I think putting it off for a few months, as suggested, is a good starting tactic. Then we can see how much it bothers them and plan accordingly.
We haven't had our dd's christened. I went to Church and Sunday School since being a tot, and then onto 2 C of E Schools, Secondary very strict, letter of recomendation from the Vicar etc. DH really is a total non believer and I haven't stepped foot in a Church (apart from Weddings and Funearals) since I left school. DH said he would go along with it if I felt strongly about Christening them, but I didn't.
I have talked to dd1 about Jesus around Christmas, and she now knows the Christmas Story, but thats all, if they want religeon to have a part in their lives when they are older they will both be free to do so.
Our family and friends knew how DH felt before we had children, we were married in a Country House, and he had to sadly turn down the chance of being godfather to his best friends son, as he couldn't stand up in Church and promise things he dosen't believe in.

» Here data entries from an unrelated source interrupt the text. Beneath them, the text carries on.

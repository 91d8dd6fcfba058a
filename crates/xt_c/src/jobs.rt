//! Jobs: what a mount owes, and which job a serial names.

ghost use Rattle.std.specs.Prelude.{◌≡◌, None, Some, false, true, IfNone, IfSome};
ghost use Rattle.xt_base.specs.Jobs.{is_begun, is_waiting};
ghost use Rattle.xt_base.specs.declared.names.JobKind.TheVariants.{Ckpt};
ghost use Rattle.xt_c.specs.Holding.{held};
ghost use Rattle.xt_c.specs.Working.{IsTaken, kind_of, name_in};

use crate::handle::Handle;
use crate::mounts::first_slot;
use crate::status::refusal;
use std::alloc::Global;
use xt_base::names::{JobKind, JobName};
use xt_base::steps::Errno;
use xt_mount::mount::{Mount, Stage};

/// What `take` returns where a job was owed.
const TAKEN: i32 = 1;

/// The kind of a job: 0 a checkpoint, 1 a flush.
fn kind_of(kind: u32) -> Option<JobKind>
    ensures { result ≡ kind_of kind }
{
    match kind {
        0 => Some(JobKind::Ckpt),
        1 => Some(JobKind::Flush),
        _ => None,
    }
}

/// The name of a mount's job.
fn name_in(mount: &Mount, kind: JobKind, serial: u64) -> JobName
    requires { mount.now.slot ≡ 0 }
    ensures { result ≡ name_in kind serial mount.now }
{
    JobName {
        slot: first_slot(),
        life: mount.life(),
        kind,
        serial,
    }
}

/// The name of a job that waits.
pub fn waiting(mount: &Mount, kind: JobKind, serial: u64) -> Option<JobName>
    requires { mount.now.slot ≡ 0 }
    ensures name { IfSome result (λ name. name ≡ name_in kind serial mount.now) }
    ensures waits { IfSome result (λ name. is_waiting (name_in kind serial mount.now) mount.now ≡ true) }
    ensures none { IfNone result (is_waiting (name_in kind serial mount.now) mount.now ≡ false) }
{
    let name = name_in(mount, kind, serial);
    match mount.stage(&name) {
        Some(Stage::Waiting) => Some(name),
        _ => None,
    }
}

/// The name of the checkpoint that is begun.
pub fn begun(mount: &Mount, serial: u64) -> Option<JobName>
    requires { mount.now.slot ≡ 0 }
    ensures name { IfSome result (λ name. name ≡ name_in Ckpt serial mount.now) }
    ensures begun { IfSome result (λ name. is_begun (name_in Ckpt serial mount.now) mount.now ≡ true) }
    ensures none { IfNone result (is_begun (name_in Ckpt serial mount.now) mount.now ≡ false) }
{
    let name = name_in(mount, JobKind::Ckpt, serial);
    match mount.stage(&name) {
        Some(Stage::Begun) => Some(name),
        _ => None,
    }
}

/// Posts the job of a kind that is owed, and writes its serial.
fn take(mount: &mut Mount, kind: u32, serial: &mut u64) -> i32
    ensures taken { IsTaken (kind_of kind) result serial.new serial.old (Some mount.new) (Some mount.old) }
    ensures slot { mount.new.slot ≡ mount.old.slot }
{
    let Some(kind) = kind_of(kind) else {
        return refusal(Errno::Invalid);
    };
    match mount.owed(kind) {
        Some(name) => {
            *serial = name.serial;
            mount.posted(name);
            TAKEN
        }
        None => 0,
    }
}

/// Takes the job of a kind that the mount owes: 1, and its serial is written. 0 where it owes none.
#[unsafe(no_mangle)]
pub extern "C" fn refskold_abi_take(
    alloc: Global,
    handle: &mut Handle,
    kind: u32,
    serial: &mut u64,
) -> i32
    ensures { IsTaken (kind_of kind) result serial.new serial.old (held handle.new) (held handle.old) }
{
    let Some(mut mount) = handle.take(alloc) else {
        return refusal(Errno::NoDevice);
    };
    let status = take(&mut mount, kind, serial);
    handle.put(mount);
    status
}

I would also feel like a bit of a hypocrite, as I don't intend to start going back to Church, for no particullar reason, and I couldn't do it just to make others happy, they have to respect your wishes for your family.
we had pressure to 'do' dd too, she is now 1omths old and Ive just let the whole issue drift away, Im just not mentioning it....
I will be working every sunday and a couple of weeknights so it isnt feasible to stert attending church, for if I did get her christeneed I prob. would like to follow it up with sunday school,#anyway, hopefully everyone else will just forget too!
I find it incredibly hypocrytical when people get married in a church or christen their children etc and they either don't 'believe' or don't keep their vows iyswim? I'm not religious in the slightest, and wasn't christened, neither were my sisters. My mum was bought up in a strong catholic family and was pressurised into having a catholic wedding by her mum etc. My dad isn't religious in the slightest either.
My mum always wanted us to be able to make our own decisions, if we chose to get christened when we were older that was our decision but she didn't want to be the one making it for us and I thank her everyday for it! The pressure from her family has almost driven her away from the faith she was bought up in and isn't religious at all any more.
My baby is due in less than 2 weeks and no way will I be getting her christened. My mums family will just hve to accept that, it is my baby - not their's. I do think however that it is a lovely idea to have a big family celebration for a new baby. So instead of a religious ceromony I am having a 'Welcome to the World' party for my little girl at the begining of July. Family and close friends all coming for a big bbq, lots of cake and a snuggle of the baby. Can't wait and will be getting a special photo album just for that day to put all the pictures in
Neither of my children have been baptized. I'm C of E by upbringing and H is a lapsed Catholic. We both decided that the boys could decide later in life if they wanted religion in their lives or not. They are your children - your decision IMO.